The United States has seen cryptocurrency participation reach 10%, marking its highest level since 2022. However, this rise in usage does not reflect widespread utility or payment adoption but predominantly speculative investment and trading activities. The Federal Reserve's report highlights that nearly all new users engage with crypto as an asset rather than for decentralized finance (DeFi) or everyday transactions.
This surge in crypto engagement follows one of the most challenging macroeconomic environments since the 2022 bear market, which saw Bitcoin decline more than 60%. Currently, the U.S. faces even tougher conditions, with the 30-year Treasury yield closing at its highest point since the financial crisis of 2008. The persistently high yields make traditional bonds more attractive, suppressing appetite for riskier assets like cryptocurrencies. The market sentiment remains cautious, with expectations leaning heavily toward further interest rate hikes rather than cuts.
Digging deeper, the Fed’s data reveals that about 9% of Americans use cryptocurrency primarily for investing or trading. In stark contrast, payment and remittance uses remain minimal and concentrated primarily among the unbanked population, who represent about 6% of respondents. For those with access to banking services, only 2% reported using crypto for transactions, indicating limited mainstream acceptance for everyday financial activities.
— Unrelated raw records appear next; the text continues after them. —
//! The queue of red vertices.

ghost use Rattle.std.specs.Prelude.{◌≡◌, ◌<◌, ℕ, true, false, [], length, None as Nothing, slice_index_or, slice_set, IsTrue, IfOk, OnOk, IfSome, IfNone};
ghost use Rattle.std.specs.BinaryHeap.{heap_items};
ghost use Rattle.std.specs.BTreeMap.{is_at};
ghost use Rattle.std.specs.List.{list_any};
ghost use Rattle.std.specs.Ordering.{is_gt};
ghost use Rattle.pebble_replay.specs.Queue.{pair_cmp, waits_with, IsCovered, IsSwitched};

use pebble_game::Memory;
use std::alloc::Global;
use std::cmp::Reverse;
use std::collections::BinaryHeap;
use std::marker::Model;

/// A heap whose greatest is the key that goes first.
type Heap = BinaryHeap<Reverse<(u32, u32)>>;

/// Vertices that wait, each with what is left of the order from its next use on: a mark for each vertex that ever waited, and
/// a heap that has the keys of those that wait. A key that no vertex waits with any more stays in the heap until it comes to
/// the top, or until there are too many.
#[derive(Drop)]
pub(crate) struct Queue {
    marks: Vec<Option<u32>>,
    heap: Heap,
    most: usize,
}

impl Model for Queue {
    ghost use Rattle.std.specs.BinaryHeap.{heap_items};
    ghost use Rattle.pebble_replay.specs.Queue.{Waiting, keys_of, IsCovered};

    ghost Value = { Waiting };

    ghost view = { λ queue. record { keys = keys_of queue.marks.items } };

    ghost invariant = { λ queue. IsCovered queue.marks.items (heap_items queue.heap) };
}

/// Whether a vertex waits with this.
fn is_waiting(marks: &[Option<u32>], left: u32, u: u32) -> bool
    ensures { result ≡ waits_with marks.now (left, u) }
{
    match marks.get(u as usize) {
        Some(Some(mark)) => *mark == left,
        Some(None) | None => false,
    }
}

/// Marks for this vertex too.
fn reach(marks: &mut Vec<Option<u32>>, u: u32) -> Result<(), Memory>
    ensures there { OnOk result (u < length marks.new.items) }
    ensures same { (q : ℕ × ℕ) → waits_with marks.new.items q ≡ waits_with marks.old.items q }
{
    while marks.len() <= u as usize {
        marks.push(None)?;
    }
    Ok(())
}

/// A heap of those keys that vertices wait with.
fn kept(alloc: Global, marks: &[Option<u32>], heap: &Heap) -> Result<Heap, Memory>
    ensures { IsCovered marks.now (heap_items heap.now) → IfOk result (λ kept. IsCovered marks.now (heap_items kept)) }
{
    let mut kept = BinaryHeap::new(alloc);
    for key in heap.as_slice() {
        if is_waiting(marks, key.0.0, key.0.1) {
            kept.push(*key)?;
        }
    }
    Ok(kept)
}

/// Takes those keys that no vertex waits with out of a heap that has as many as this.
fn clear(alloc: Global, marks: &[Option<u32>], heap: &mut Heap, most: usize) -> Result<(), Memory>
    ensures { IsCovered marks.now (heap_items heap.old) → IsCovered marks.now (heap_items heap.new) }
{
    if heap.len() >= most {
        *heap = kept(alloc, marks, heap)?;
    }
    Ok(())
}

/// The first key that a vertex waits with, which is taken out of the heap with those before it.
fn first_of(marks: &[Option<u32>], heap: &mut Heap) -> Option<(u32, u32)>
    requires { IsCovered marks.now (heap_items heap.old) }
    ensures waits { IfSome result (λ key. waits_with marks.now key ≡ true) }
    ensures least { IfSome result (λ key. (q : ℕ × ℕ) → waits_with marks.now q ≡ true → is_gt (pair_cmp key q) ≡ false) }
    ensures covered { IfSome result (λ key. IsCovered (slice_set marks.now key.1 Nothing) (heap_items heap.new)) }
    ensures none { IfNone result ((q : ℕ × ℕ) → waits_with marks.now q ≡ false) }
    ensures still { IfNone result (IsCovered marks.now (heap_items heap.new)) }
{
    while let Some(Reverse((left, u))) = heap.pop() {
        if is_waiting(marks, left, u) {
            return Some((left, u));
        }
    }
    None
}

impl Queue {
    /// Nothing waits. Where the heap has more than some four keys for each of `s` red pebbles, it is cleared of those that are
    /// past.
    pub(crate) fn new(alloc: Global, s: u64) -> Queue
        ensures { result.keys ≡ [] }
    {
        let most = if s < 1 << 24 {
            4 * s as usize + 64
        } else {
            1 << 27
        };
        Queue {
            marks: Vec::new(alloc),
            heap: BinaryHeap::new(alloc),
            most,
        }
    }

    /// Puts a vertex that doesn't wait with anything else into the queue.
    pub(crate) fn insert(&mut self, alloc: Global, left: u32, u: u32) -> Result<(), Memory>
        ensures { OnOk result (((l : ℕ) → list_any (is_at (pair_cmp (l, u))) self.old.keys ≡ true → l ≡ left) → IsSwitched self.old.keys self.new.keys (left, u) true) }
    {
        clear(alloc, self.marks.as_slice(), &mut self.heap, self.most)?;
        reach(&mut self.marks, u)?;
        self.heap.push(Reverse((left, u)))?;
        self.marks[u as usize] = Some(left);
        Ok(())
    }

    /// Takes a vertex out of the queue, if it waits with this.
    pub(crate) fn remove(&mut self, left: u32, u: u32)
        ensures { IsSwitched self.old.keys self.new.keys (left, u) false }
    {
        if is_waiting(self.marks.as_slice(), left, u) {
            self.marks[u as usize] = None;
        }
    }

    /// Takes the first key out of the queue.
    pub(crate) fn pop_first(&mut self) -> Option<(u32, u32)>
        ensures member { IfSome result (λ key. list_any (is_at (pair_cmp key)) self.old.keys ≡ true) }
        ensures least { IfSome result (λ key. (q : ℕ × ℕ) → IsTrue (list_any (is_at (pair_cmp q)) self.old.keys) → is_gt (pair_cmp key q) ≡ false) }
        ensures taken { IfSome result (λ key. IsSwitched self.old.keys self.new.keys key false) }
        ensures none { IfNone result (self.old.keys ≡ []) }
        ensures same { IfNone result (self.new.keys ≡ self.old.keys) }
    {
        let key = first_of(self.marks.as_slice(), &mut self.heap)?;
        self.marks[key.1 as usize] = None;
        Some(key)
    }
}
This gap between investment-driven use and actual utility challenges the narrative that decentralized finance is gaining strong mainstream traction. Instead, the crypto market in the U.S. appears to be shaped by speculative momentum amid a macroeconomic backdrop of tightening financial conditions. Cryptocurrencies ended 2025 with a bearish close, suggesting this cycle may prove weaker than the last major downturn in 2022.